### Description of the task:
Tally the lines below that include the string "ByRecords". Reply with the total only.

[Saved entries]
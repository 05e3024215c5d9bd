//! The least closed relation of goals, found in time and space that grow with the pairs that are found.
ghost use Rattle.std.specs.Prelude.{◌≡◌, ℕ, ◌<◌, ◌≤◌, [], length, All, Contains, IfOk, OnOk, IfErr};
ghost use Rattle.mls_automaton.specs.declared.automaton.Polarity.TheVariants.{Positive, Negative};
ghost use Rattle.mls_automaton.specs.Automata.{IsState, head_at};
ghost use Rattle.mls_automaton.specs.Models.{IsClosed};
ghost use Rattle.mls_solver.specs.Clashes.{HasNoClash, IsFirstClash};
ghost use Rattle.mls_solver.specs.Relations.{IsGoal, IsGoalOf, IsRelated};
ghost use Rattle.mls_solver.specs.Rooms.{Holds, HoldsJust, HoldsStates};
ghost use Rattle.mls_solver.specs.steps.FirstClashes.{IsFirstOf, IsPairAt};
ghost use Rattle.mls_solver.specs.steps.Growth.{BySome, Relates};
ghost use Rattle.mls_solver.specs.steps.Chains.{ByDirect, ByEdgeFrom, ByEdgeTo};
ghost use Rattle.mls_solver.specs.steps.Consequences.{ByFunctions, ByField, ByRecords, ByHeads};

use crate::clash::{clash_of, earlier};
use crate::found::Found;
use crate::goal::{Clash, Goal};
use crate::pairs::Pairs;
use mls_automaton::automaton::{Arms, Automaton, FieldSet, FieldSets, Head};
use mls_automaton::state_set::StateId;
use mls_base::memory::Memory;
use std::alloc::Global;

/// The least closed relation of the goals: the pairs that `saturate` finds, in another order.
///
/// # Errors
///
/// `Memory` where memory is wanting.
pub fn search(alloc: Global, a: &Automaton, goals: &[Goal]) -> Result<Found, Memory>
    requires closed { IsClosed a.now }
    requires goals { All (IsGoalOf a.now) goals.now }
    ensures relation { IfOk result (λ found. HoldsJust found (IsRelated a.now (IsGoal goals.now))) }
    ensures states { IfOk result (HoldsStates a.now) }
{
    let mut direct = Pairs::new(alloc);
    add_goals(&mut direct, goals)?;
    let found = close(alloc, &mut direct, a)?;
    Ok(found)
}

/// The first clash of the pairs.
///
/// # Errors
///
/// The first clash, where there is one.
pub fn first_clash_of(found: &Found, a: &Automaton) -> Result<(), Clash>
    requires closed { IsClosed a.now }
    requires states { HoldsStates a.now found.now }
    ensures ok { OnOk result (HasNoClash a.now (Holds found.now)) }
    ensures clash { IfErr result (IsFirstClash a.now (Holds found.now)) }
{
    let mut first = None;
    for i in 0..found.len() {
        first = earlier(a, first, clash_at(found, a, i));
    }
    match first {
        None => Ok(()),
        Some(clash) => Err(clash),
    }
}

// The first clash of the pair at this place.
fn clash_at(found: &Found, a: &Automaton, i: usize) -> Option<Clash>
    requires closed { IsClosed a.now }
    requires in_range { i < length found.now.pairs }
    requires states { (p n : ℕ) → Holds found.now p n → (p < length a.now.states) × (n < length a.now.states) }
    ensures { IsFirstOf a.now (IsPairAt found.now i) result }
{
    let (positive, negative) = found.pair(i);
    match clash_of(a.head(positive), a.head(negative)) {
        None => None,
        Some(kind) => Some(Clash {
            positive,
            negative,
            kind,
        }),
    }
}

// Adds the goals.
fn add_goals(found: &mut Pairs, goals: &[Goal]) -> Result<(), Memory>
    ensures { OnOk result (Relates found.old found.new (IsGoal goals.now)) }
{
    for goal in goals {
        found.add(goal.positive.0, goal.negative.0)?;
    }
    Ok(())
}

// Finds all that follows from the direct pairs. Those that follow by heads are direct too. Found pairs and direct ones
// are taken once each, in the order in which they came. A found pair goes on along an edge by a direct one alone, so a
// chain of pairs is found from its first pair on.
fn close(alloc: Global, direct: &mut Pairs, a: &Automaton) -> Result<Found, Memory>
    requires closed { IsClosed a.now }
    requires states { HoldsStates a.now direct.old }
    ensures { IfOk result (λ found. HoldsJust found (IsRelated a.now (Holds direct.old))) }
{
    let mut found = Found::new(alloc);
    let mut next = 0;
    let mut next_direct = 0;
    for _ in 0..usize::MAX {
        if next_direct < direct.len() {
            let pair = direct.pair(next_direct);
            take_direct(alloc, &mut found, a, pair)?;
            next_direct += 1;
        } else if next < found.len() {
            let pair = found.pair(next);
            take_found(&mut found, direct, a, pair)?;
            next += 1;
        } else {
            return Ok(found);
        }
    }
    Err(Memory)
}

// Finds a direct pair, and what leads to it by a found pair and an edge.
fn take_direct(
    alloc: Global,
    found: &mut Found,
    a: &Automaton,
    pair: (StateId, StateId),
) -> Result<(), Memory>
    requires closed { IsClosed a.now }
    requires positive { IsState a.now Positive pair.0.0 }
    ensures { OnOk result (Relates found.old found.new (ByDirect a.now (Holds found.old) pair.0.0 pair.1.0)) }
{
    let (positive, negative) = pair;
    add_before(alloc, found, a, positive, negative)?;
    found.add(positive.0, negative.0)?;
    Ok(())
}

// Relates to the negative state of a direct pair what is related to a state with an edge to its positive state.
fn add_before(
    alloc: Global,
    found: &mut Found,
    a: &Automaton,
    positive: StateId,
    negative: StateId,
) -> Result<(), Memory>
    requires closed { IsClosed a.now }
    requires positive { IsState a.now Positive positive.0 }
    ensures { OnOk result (Relates found.old found.new (ByEdgeTo a.now (Holds found.old) positive.0 negative.0)) }
{
    for m in a.partners(positive).as_slice() {
        add_column(alloc, found, *m, negative.0)?;
    }
    Ok(())
}

// What follows from a found pair by its heads is direct, and a direct pair behind an edge from it leads to a found one.
fn take_found(
    found: &mut Found,
    direct: &mut Pairs,
    a: &Automaton,
    pair: (StateId, StateId),
) -> Result<(), Memory>
    requires closed { IsClosed a.now }
    requires positive { IsState a.now Positive pair.0.0 }
    requires negative { IsState a.now Negative pair.1.0 }
    ensures direct { OnOk result (Relates direct.old direct.new
        (ByHeads (head_at a.now pair.0.0) (head_at a.now pair.1.0))) }
    ensures found { OnOk result (Relates found.old found.new
        (ByEdgeFrom a.now (Holds direct.new) pair.0.0 pair.1.0)) }
{
    let (positive, negative) = pair;
    add_by_heads(direct, a.head(positive), a.head(negative))?;
    add_after(found, direct, a, positive, negative)?;
    Ok(())
}

// Relates the positive state of a found pair to what is direct of a state with an edge from its negative state.
fn add_after(
    found: &mut Found,
    direct: &Pairs,
    a: &Automaton,
    positive: StateId,
    negative: StateId,
) -> Result<(), Memory>
    requires closed { IsClosed a.now }
    requires negative { IsState a.now Negative negative.0 }
    ensures { OnOk result (Relates found.old found.new
        (ByEdgeFrom a.now (Holds direct.now) positive.0 negative.0)) }
{
    for q in a.partners(negative).as_slice() {
        relate_to_all(found, positive.0, direct.below(StateId(*q)))?;
    }
    Ok(())
}

// Relates all positive states that are related to one negative state to another.
fn add_column(alloc: Global, found: &mut Found, from: usize, to: usize) -> Result<(), Memory>
    ensures { OnOk result (Relates found.old found.new (λ p n. (n ≡ to) × Holds found.old p from)) }
{
    let positives = copied(alloc, found.above(StateId(from)))?;
    relate_all_to(found, positives.as_slice(), to)?;
    Ok(())
}

// Relates a positive state to each of the negative ones.
fn relate_to_all(found: &mut Found, positive: usize, negatives: &[usize]) -> Result<(), Memory>
    ensures { OnOk result (Relates found.old found.new (BySome negatives.now (λ m p n. (p ≡ positive) × (n ≡ m)))) }
{
    for n in negatives {
        found.add(positive, *n)?;
    }
    Ok(())
}

// Relates each of the positive states to a negative one.
fn relate_all_to(found: &mut Found, positives: &[usize], negative: usize) -> Result<(), Memory>
    ensures { OnOk result (Relates found.old found.new (BySome positives.now (λ m p n. (p ≡ m) × (n ≡ negative)))) }
{
    for p in positives {
        found.add(*p, negative)?;
    }
    Ok(())
}

fn copied(alloc: Global, numbers: &[usize]) -> Result<Vec<usize>, Memory>
    ensures { IfOk result (λ copy. copy.items ≡ numbers.now) }
{
    let mut copy = Vec::new(alloc);
    for number in numbers {
        copy.push(*number)?;
    }
    Ok(copy)
}

// Adds what follows by the heads of a positive and a negative state.
fn add_by_heads(found: &mut Pairs, upper: &Head, lower: &Head) -> Result<(), Memory>
    ensures { OnOk result (Relates found.old found.new (ByHeads upper.now lower.now)) }
{
    add_by_functions(found, &upper.function, &lower.function)?;
    add_by_records(found, &upper.fields, &lower.fields)?;
    Ok(())
}

fn add_by_functions(
    found: &mut Pairs,
    upper: &Option<Arms>,
    lower: &Option<Arms>,
) -> Result<(), Memory>
    ensures { OnOk result (Relates found.old found.new (ByFunctions upper.now lower.now)) }
{
    if let Some(arms) = upper {
        if let Some(others) = lower {
            add_sets(found, others.domain.as_slice(), arms.domain.as_slice())?;
            add_sets(found, arms.codomain.as_slice(), others.codomain.as_slice())?;
            return Ok(());
        }
    }
    Ok(())
}

fn add_by_records(
    found: &mut Pairs,
    upper: &Option<FieldSets>,
    lower: &Option<FieldSets>,
) -> Result<(), Memory>
    ensures { OnOk result (Relates found.old found.new (ByRecords upper.now lower.now)) }
{
    if let Some(fields) = upper {
        if let Some(others) = lower {
            add_fields(found, fields, others.as_slice())?;
            return Ok(());
        }
    }
    Ok(())
}

fn add_fields(found: &mut Pairs, fields: &FieldSets, others: &[FieldSet]) -> Result<(), Memory>
    ensures { OnOk result (Relates found.old found.new (BySome others.now (ByField fields.now))) }
{
    for other in others {
        add_field(found, fields, other)?;
    }
    Ok(())
}

fn add_field(found: &mut Pairs, fields: &FieldSets, other: &FieldSet) -> Result<(), Memory>
    ensures { OnOk result (Relates found.old found.new (ByField fields.now other.now)) }
{
    if let Some(set) = fields.get(&other.label) {
        add_sets(found, set.as_slice(), other.set.as_slice())?;
        return Ok(());
    }
    Ok(())
}

// Adds the pairs of each of the positive states and each of the negative ones.
fn add_sets(found: &mut Pairs, positives: &[usize], negatives: &[usize]) -> Result<(), Memory>
    ensures { OnOk result (Relates found.old found.new (λ p n. Contains positives.now p × Contains negatives.now n)) }
{
    for p in positives {
        add_set(found, *p, negatives)?;
    }
    Ok(())
}

// Adds the pairs of a positive state and each of the negative ones.
fn add_set(found: &mut Pairs, positive: usize, negatives: &[usize]) -> Result<(), Memory>
    ensures { OnOk result (Relates found.old found.new (BySome negatives.now (λ m p n. (p ≡ positive) × (n ≡ m)))) }
{
    for n in negatives {
        found.add(positive, *n)?;
    }
    Ok(())
}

### Solution for this task:
2